(GIVEN INFORMATION)

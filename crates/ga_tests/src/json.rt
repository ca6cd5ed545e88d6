//! JSON formats, and what lines have at their leaves.

ghost use Rattle.std.specs.Prelude.{◌<◌, length};

use ga_base::{FormatFault, FormatItem, LeafFault, Needed, NoMemory, Text};
use ga_format::{FormatItems, first_missing, items_after, items_of};
use ga_jsonlog::{JsonFormat, JsonLeaf, JsonPath, PathStep, Pieces, compile_json, pieces_of};
use ga_line::{LineSetup, LineView, Shape, compile_shape, line_pieces, read_view};
use std::alloc::Global;

/// The faults of leaves.
pub const LEAF_FAULTS: [LeafFault; 3] = [
    LeafFault::Unknown,
    LeafFault::Repeated,
    LeafFault::NoDelimiter,
];

/// What is wrong with a leaf.
pub fn leaf_text(fault: &LeafFault) -> &'static str {
    fault.text()
}

/// The leaf in which a fault stands.
pub fn leaf_of(fault: &FormatFault) -> Option<u64> {
    fault.leaf()
}

/// The items of a text.
pub fn items_alone(alloc: Global, text: &Text) -> Result<FormatItems, FormatFault> {
    items_of(alloc, text)
}

/// The items of a text that comes after others.
pub fn items_behind(
    alloc: Global,
    earlier: &[FormatItem],
    text: &Text,
) -> Result<FormatItems, FormatFault> {
    items_after(alloc, earlier, text)
}

/// The first part that items don't give.
pub fn missing_part(items: &[FormatItem]) -> Option<Needed> {
    first_missing(items)
}

/// A JSON format.
pub fn json_format(alloc: Global, text: &Text) -> Result<JsonFormat, FormatFault> {
    compile_json(alloc, text)
}

/// How many leaves it has.
pub fn leaf_count(format: &JsonFormat) -> u64 {
    format.len()
}

/// The items of one of them.
pub fn leaf_items(format: &JsonFormat, leaf: u64) -> &FormatItems
    requires { leaf < length format.now }
{
    format.leaf(leaf)
}

/// All its leaves.
pub fn leaves(format: &JsonFormat) -> &[JsonLeaf] {
    format.leaves()
}

/// The way to a leaf, and its items.
pub fn parts_of(leaf: &JsonLeaf) -> (&JsonPath, &FormatItems) {
    (&leaf.path, &leaf.items)
}

/// The name of the member to which a step leads.
pub fn name_of(step: &PathStep) -> Option<&Text> {
    match step {
        PathStep::Member(name) => Some(name),
        PathStep::First => None,
    }
}

/// What a line has at the leaves.
pub fn pieces_at(alloc: Global, format: &JsonFormat, line: &[u8]) -> Result<Pieces, NoMemory> {
    pieces_of(alloc, format, line)
}

/// How many pieces there are.
pub fn piece_count(pieces: &Pieces) -> Option<usize> {
    match pieces {
        Pieces::Leaves(texts) => Some(texts.items().len()),
        Pieces::NoObject => None,
    }
}

/// A format, plain or JSON.
pub fn shape_of(alloc: Global, text: &Text) -> Result<Shape, FormatFault> {
    compile_shape(alloc, text)
}

/// Whether it is a JSON format.
pub fn is_json(shape: &Shape) -> bool {
    match shape {
        Shape::Plain(_) => false,
        Shape::Json(_) => true,
    }
}

/// Whether a line is valid.
pub fn is_valid(alloc: Global, setup: &LineSetup, line: &[u8]) -> Result<bool, NoMemory> {
    let pieces = line_pieces(alloc, setup, line)?;
    let view = read_view(alloc, setup, line, &pieces)?;
    Ok(matches!(view, LineView::Good(_)))
}
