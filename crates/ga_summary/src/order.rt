ghost use Rattle.std.specs.Prelude.{◌≡◌};
ghost use Rattle.ga_base.specs.Orders.{key_cmp, name_cmp, name_of};
ghost use Rattle.ga_base.specs.Panels.{is_same_panel};
ghost use Rattle.ga_summary.specs.Steps.Passing.{day_cmp};

use ga_base::laws::{key_order, name_order, panel_order};
use ga_base::{Key, Name, Panel, Visitor};
use std::cmp::Ordering;

/// How two keys are ordered.
pub(crate) fn compare_keys(a: &Key, b: &Key) -> Ordering
    ensures { result ≡ key_cmp a.now b.now }
{
    key_order();
    a.cmp(b)
}

/// How two names are ordered.
pub(crate) fn compare_names(a: &Name, b: &Name) -> Ordering
    ensures { result ≡ name_cmp a.now b.now }
{
    name_order();
    a.cmp(b)
}

/// How a name is ordered beside that of a visitor.
#[tactic(auto, unfolding(ga_base::specs::Orders::name_cmp))]
pub(crate) fn compare_to_visitor(name: &Name, visitor: &Visitor) -> Ordering
    ensures { result ≡ name_cmp name.now (name_of visitor.now) }
{
    match name.host.cmp(&visitor.host) {
        Ordering::Equal => name.agent.cmp(&visitor.agent),
        order => order,
    }
}

/// Whether two panels are one.
pub(crate) fn same_panel(a: Panel, b: Panel) -> bool
    ensures { result ≡ is_same_panel a b }
{
    panel_order();
    a == b
}

/// How a key is ordered beside the key of a day, where it has its form.
pub(crate) fn compare_to_day(key: &Key, date: u32) -> Ordering
    ensures { result ≡ day_cmp key.now date }
{
    let panel = key.panel.number().cmp(&Panel::Visitors.number());
    panel
        .then(key.date.cmp(&date))
        .then(key.parent.as_str().cmp(""))
}
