ghost use Rattle.std.specs.Prelude.{◌≡◌, ◌+◌, ◌<◌, ◌≤◌, ◌++◌, ◌∷◌, [], vec_len, vec_capacity};
ghost use Rattle.std.specs.List.Sorted.{IsStrictlySortedBy};
ghost use Rattle.ga_summary.specs.Steps.Entries.{AllClosed, IsClosed, row_of, rows_of};
ghost use Rattle.ga_summary.specs.Steps.Joined.{joined, put_names, put_rows};
ghost use Rattle.ga_base.specs.Orders.{key_cmp, name_cmp};
ghost use Rattle.ga_summary.specs.Steps.Places.{Rises};
ghost use Rattle.ga_summary.specs.Steps.Room.{AllHavePlace, CanTake, OpenAmong};

use crate::entry::Entry;
use crate::order::{compare_keys, compare_names};
use ga_base::Name;
use std::cmp::Ordering;

/// Adds an item at the end, where there is room.
pub(crate) fn push_within<T: Drop>(items: &mut Vec<T>, item: T)
    requires { vec_len items.old < vec_capacity items.old }
    ensures items { items.new.items ≡ items.old.items ++ item ∷ [] }
    ensures len { vec_len items.new ≡ vec_len items.old + 1 }
    ensures capacity { vec_capacity items.old ≤ vec_capacity items.new }
{
    match items.push(item) {
        Ok(()) => {}
        Err(_) => unreachable!(),
    }
}

/// The names of two lists that rise, in one pass, moved into `out`, which has room for all.
pub(crate) fn merge_names(left: Vec<Name>, right: Vec<Name>, mut out: Vec<Name>) -> Vec<Name>
    requires rising_left { IsStrictlySortedBy name_cmp left.items }
    requires rising_right { IsStrictlySortedBy name_cmp right.items }
    requires none { out.items ≡ [] }
    requires room { vec_len left + vec_len right ≤ vec_capacity out }
    ensures { result.items ≡ put_names right.items left.items }
{
    let mut left = left.into_iter();
    let mut right = right.into_iter();
    let mut next_left = left.next();
    let mut next_right = right.next();
    'names: loop {
        match (next_left, next_right) {
            (Some(a), Some(b)) => match compare_names(&a, &b) {
                Ordering::Less => {
                    push_within(&mut out, a);
                    next_left = left.next();
                    next_right = Some(b);
                }
                Ordering::Equal => {
                    drop(b);
                    push_within(&mut out, a);
                    next_left = left.next();
                    next_right = right.next();
                }
                Ordering::Greater => {
                    push_within(&mut out, b);
                    next_left = Some(a);
                    next_right = right.next();
                }
            },
            (Some(a), None) => {
                push_within(&mut out, a);
                next_left = left.next();
                next_right = None;
            }
            (None, Some(b)) => {
                push_within(&mut out, b);
                next_left = None;
                next_right = right.next();
            }
            (None, None) => return out,
        }
    }
}

/// The entries of two lists that rise, in one pass, moved into `out`, which has room for all. Entries of one key are joined.
pub(crate) fn merge_entries(
    left: Vec<Box<Entry>>,
    right: Vec<Box<Entry>>,
    mut out: Vec<Box<Entry>>,
) -> Vec<Box<Entry>>
    requires rising_left { Rises key_cmp (λ row. row.key) (rows_of left.items) }
    requires rising_right { Rises key_cmp (λ row. row.key) (rows_of right.items) }
    requires none { out.items ≡ [] }
    requires room { vec_len left + vec_len right ≤ vec_capacity out }
    requires closed_right { AllClosed right.items }
    requires opened { OpenAmong left.items right.items }
    requires fits { AllHavePlace left.items right.items }
    ensures closed { AllClosed result.items }
    ensures rows { rows_of result.items ≡ put_rows (rows_of right.items) (rows_of left.items) }
{
    let mut left = left.into_iter();
    let mut right = right.into_iter();
    let mut next_left = left.next();
    let mut next_right = right.next();
    'entries: loop {
        match (next_left, next_right) {
            (Some(a), Some(b)) => match compare_keys(&a.key, &b.key) {
                Ordering::Less => {
                    push_within(&mut out, a);
                    next_left = left.next();
                    next_right = Some(b);
                }
                Ordering::Equal => {
                    push_within(&mut out, joined_entry(a, b));
                    next_left = left.next();
                    next_right = right.next();
                }
                Ordering::Greater => {
                    push_within(&mut out, b);
                    next_left = Some(a);
                    next_right = right.next();
                }
            },
            (Some(a), None) => {
                push_within(&mut out, a);
                next_left = left.next();
                next_right = None;
            }
            (None, Some(b)) => {
                push_within(&mut out, b);
                next_left = None;
                next_right = right.next();
            }
            (None, None) => return out,
        }
    }
}

/// An entry with what another of its key has.
fn joined_entry(mut boxed: Box<Entry>, more: Box<Entry>) -> Box<Entry>
    requires { CanTake boxed.value more.value }
    ensures row { row_of result.value ≡ joined (row_of boxed.value) (row_of more.value) }
    ensures closed { IsClosed result.value }
{
    let entry: &mut Entry = &mut boxed;
    entry.take(Box::into_inner(more));
    boxed
}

(End GIVEN INFORMATION)

** WHAT IS EXPECTED **
Could you write out, exactly as they stand, only the lines above that begin at the line with "result ≡ key_cmp" and stop after the line with "pub(crate) fn compare_to_visitor(name: &Name, visitor: &Visitor)"?

** RESPONSE TO THIS TASK **
    ensures { result ≡ key_cmp a.now b.now }
{
    key_order();
    a.cmp(b)
}

/// How two names are ordered.
pub(crate) fn compare_names(a: &Name, b: &Name) -> Ordering
    ensures { result ≡ name_cmp a.now b.now }
{
    name_order();
    a.cmp(b)
}

/// How a name is ordered beside that of a visitor.
#[tactic(auto, unfolding(ga_base::specs::Orders::name_cmp))]
pub(crate) fn compare_to_visitor(name: &Name, visitor: &Visitor) -> Ordering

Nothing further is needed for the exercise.